Un piccolo villaggio sul mare, tagliato fuori dal mondo.
Pochi abitanti. Pescatori. Qualche commerciante.
Niente turismo. Pochi ragazzi. Poche ragazze.
Una noia mortale. Albe. Tramonti. Rumori di onde.
Reti buttate in acqua.
Vecchie barche ondeggianti nella loro monotonia.
Odore di mare. Odori di pesce. Odori di brezza. Odori di niente.
Irene.
Capelli rossi. Iridi azzurre. Spenti. Su e giù sull'altalena. Sulla spiaggia.
Solitaria. Sanguina il suo desiderio al raggio di sole che illumina la sua fenditura. E la scalda.
Ma il dondolio scalda anche il cuore di Ettore. Da lontano. Dietro i vetri e ne accende il desiderio. Non meno forte, non meno intenso di quello di Irene.
Desiderio che si consuma in una forte impugnatura. Decisa. Ritmata.
Vento che scuote onde fluttuanti. Flutti che s'infrangano sulla spiaggia.
All'ombra della camera. un mormorio leggero. Piano. Lamentoso. Sordo.
Lunghi centimetri che si sprecano in un'agonia solitaria.
Irene vola più in alto sull'altalena. Verso il sole.
Verso la vita che si spegne solitaria nell'ombra.
Dietro i vetri appannati.
E una voce interiore che la fa tremare, fremere nello spasimo prolungato del suo rossore.

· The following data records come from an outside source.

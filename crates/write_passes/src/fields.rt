// What covers columns, in writing: the field of an element, or a literal.
ghost use Rattle.std.specs.Prelude.{◌≡◌, List, ℕ, ◌+◌, ◌≤◌, true, length, take, drop};
ghost use Rattle.format_items.specs.Items.{Field};
ghost use Rattle.list_elements.specs.Limits.{within_limits};
ghost use Rattle.write_passes.specs.Placed.{field_characters, field_starred, field_too_large};
ghost use Rattle.write_passes.specs.Passes.{FieldOf, SomeField, SomeSmallField};

use buffer::copying::copy;
use field_written::decimal::write_decimal;
use field_written::integer::write_integer;
use field_written::logical::write_logical;
use field_written::text::write_text;
use list_elements::Value;
use settings::Settings;

// Whether the value is too large for its field, which has so many places: only a decimal can be.
#[inline(always)]
pub fn too_large(places: usize, value: Value) -> bool
    requires good { (area : List ℕ) × (within_limits area value ≡ true) }
    requires field { SomeField value places }
    ensures { (f : Field ℕ) → FieldOf value places f → result ≡ field_too_large f value }
{
    let Value::Decimal(d) = value else {
        return false;
    };
    number::rounding::too_large(d.units, d.places, places)
}

// Puts the field of a value, which is not too large, into its columns, under settings; whether the field is starred. (Inlined, as is
// what it calls, into both copies of `lay_under`.)
#[inline(always)]
pub fn put(part: &mut [u8], places: usize, settings: Settings, value: Value, area: &[u8]) -> bool
    requires good { within_limits area.now value ≡ true }
    requires wide { 1 ≤ length part.old }
    requires field { SomeSmallField value places }
    ensures stars { (f : Field ℕ) → FieldOf value places f → result ≡ field_starred settings f (length part.old) value }
    ensures bytes { (f : Field ℕ) → FieldOf value places f → part.new ≡ field_characters area.now settings f (length part.old) value }
{
    match value {
        Value::Integer(n) => write_integer(part, n, settings.signs),
        Value::Decimal(d) => {
            write_decimal(part, places, d.units, d.places, settings.signs).unwrap()
        }
        Value::Logical(b) => {
            write_logical(part, b);
            false
        }
        Value::Text(t) => {
            write_text(part, &area[t.start..][..t.len]);
            false
        }
    }
}

// Puts the characters of a literal, which begin at `start`, into its columns.
#[inline(always)]
pub fn put_literal(part: &mut [u8], start: usize, chars: &[u8])
    requires { start + length part.old ≤ length chars.now }
    ensures { part.new ≡ take (length part.old) (drop start chars.now) }
{
    copy(part, &chars[start..][..part.len()]);
}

In una strozzatura che si confonde fra le pieghe dei colori del vestito a fiori di Irene.
Colori lancinanti. Punte velenose che arrivano dritte al cuore. Al cervello.
E lo avvampano.
La sacerdotessa dell'altrui desiderio sorride nella calura pomeridiana. Sorride compiaciuta dei suoi vorticosi slanci. Sempre più in alto sino a toccare la punta arida del cielo.
Il vestito a fiori che diventa nuvola d'argento.

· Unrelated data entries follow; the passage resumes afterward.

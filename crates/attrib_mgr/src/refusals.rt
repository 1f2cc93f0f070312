//! When a call on a vertex attribute is refused (OpenGL ES 2.0.25, sections 2.7 and 2.8).
ghost use Rattle.std.specs.Prelude.{◌≡◌};
ghost use Rattle.gl_plain.specs.subjects.Attributes as plain;
ghost use Rattle.attrib_mgr.specs.Refused.{array_refusal};

use gl_base::GlEnum;
use gl_base::enums::{BYTE, FIXED, FLOAT, SHORT, UNSIGNED_BYTE, UNSIGNED_SHORT};
use gl_base::limits::LAST_ATTRIBUTE;
use gl_plain::{ArraySpec, GlError};

/// The refusal of a call on the attribute of this index: INVALID_VALUE for one past the last.
pub fn attribute_refusal(index: u32) -> Option<GlError>
    ensures { result ≡ plain.attribute_refusal index }
{
    if index > LAST_ATTRIBUTE {
        return Some(GlError::InvalidValue);
    }
    None
}

fn is_attribute_kind(kind: GlEnum) -> bool
    ensures { result ≡ plain.is_attribute_kind kind }
{
    kind == BYTE
        || kind == UNSIGNED_BYTE
        || kind == SHORT
        || kind == UNSIGNED_SHORT
        || kind == FLOAT
        || kind == FIXED
}

/// The refusal of VertexAttribPointer: INVALID_ENUM for a kind that is none; INVALID_VALUE for an index past the last, a size that is not
/// 1 to 4, or a stride above 0x7FFFFFFF, which is a negative one.
pub fn pointer_refusal(index: u32, array: ArraySpec) -> Option<GlError>
    ensures { result ≡ array_refusal index array }
{
    if !is_attribute_kind(array.kind) {
        return Some(GlError::InvalidEnum);
    }
    if index > LAST_ATTRIBUTE || array.size < 1 || array.size > 4 || array.stride > 0x7FFF_FFFF {
        return Some(GlError::InvalidValue);
    }
    None
}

Mongolfiera che butta via la zavorra.
O la voglia recondita. Misteriosa. Sottile.
Curve che si contraggano al riflesso della luce e spingono sino allo spasmo.

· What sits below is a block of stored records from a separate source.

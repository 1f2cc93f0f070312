//! The vertex attributes of the service: their arrays and their constant values.
#![tactic(auto)]

mod attribs;
mod refusals;

pub use attribs::Attribs;
pub use refusals::{attribute_refusal, pointer_refusal};

#[cfg(test)]
mod tests;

Giù e su lungo l'altalena.
Giù e su, sino ad arrestarsi di colpo e restare inerme con i tacchi che sfiorano la sabbia, che l'accarezzano con lo sguardo fisso all'orizzonte, dove gabbiani si levano in alto, sempre più in alto, e s'abbassano a pelo d'acqua, quasi a cogliere un attimo di refrigerio dopo tanto ansare.
Ora Ettore è calmo, tranquillo, fissa una pagina di storia, concentrato, annoiato, ma esausto e ogni tanto alza lo sguardo verso Irene, uno sguardo colpevole.
Tre guerre puniche sono troppe anche per uno studente che di Annibale conosce appena il nome.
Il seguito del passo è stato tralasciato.